MATERIAL FOR THIS TASK Block Start

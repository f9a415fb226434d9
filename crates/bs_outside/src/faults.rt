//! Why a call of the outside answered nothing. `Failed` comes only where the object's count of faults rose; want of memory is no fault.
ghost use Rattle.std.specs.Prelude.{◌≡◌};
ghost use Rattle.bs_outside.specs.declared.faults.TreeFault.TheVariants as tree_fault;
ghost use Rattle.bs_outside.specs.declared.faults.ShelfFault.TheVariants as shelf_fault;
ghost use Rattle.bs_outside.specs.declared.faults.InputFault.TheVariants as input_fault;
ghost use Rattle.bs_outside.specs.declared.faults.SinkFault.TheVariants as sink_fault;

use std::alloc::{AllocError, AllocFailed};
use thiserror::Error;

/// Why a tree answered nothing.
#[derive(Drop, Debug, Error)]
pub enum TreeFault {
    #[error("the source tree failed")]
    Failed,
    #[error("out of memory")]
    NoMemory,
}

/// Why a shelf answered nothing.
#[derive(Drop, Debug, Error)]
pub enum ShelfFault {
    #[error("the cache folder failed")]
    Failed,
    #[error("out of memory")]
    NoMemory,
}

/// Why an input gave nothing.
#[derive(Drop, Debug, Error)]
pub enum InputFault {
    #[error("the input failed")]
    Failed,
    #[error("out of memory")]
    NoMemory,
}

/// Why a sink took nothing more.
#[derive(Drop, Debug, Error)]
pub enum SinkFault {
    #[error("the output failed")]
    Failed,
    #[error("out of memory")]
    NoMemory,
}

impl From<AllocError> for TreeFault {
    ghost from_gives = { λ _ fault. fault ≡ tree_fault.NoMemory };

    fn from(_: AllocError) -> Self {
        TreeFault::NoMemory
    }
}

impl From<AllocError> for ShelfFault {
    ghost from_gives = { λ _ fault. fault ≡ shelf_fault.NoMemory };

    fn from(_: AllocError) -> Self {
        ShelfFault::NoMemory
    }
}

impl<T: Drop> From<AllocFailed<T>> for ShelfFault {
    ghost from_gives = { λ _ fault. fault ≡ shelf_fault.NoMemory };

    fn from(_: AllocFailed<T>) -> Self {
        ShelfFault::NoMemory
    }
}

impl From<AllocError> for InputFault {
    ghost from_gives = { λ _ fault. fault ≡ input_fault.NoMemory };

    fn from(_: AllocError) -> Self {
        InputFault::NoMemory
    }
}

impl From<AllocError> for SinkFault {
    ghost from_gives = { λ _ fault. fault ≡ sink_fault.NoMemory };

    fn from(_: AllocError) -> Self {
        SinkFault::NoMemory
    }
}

MATERIAL FOR THIS TASK Block End

*THE PROBLEM*. List every line above that contains the word "InputFault".

*ANSWER*.
ghost use Rattle.bs_outside.specs.declared.faults.InputFault.TheVariants as input_fault;
pub enum InputFault {
impl From<AllocError> for InputFault {
        InputFault::NoMemory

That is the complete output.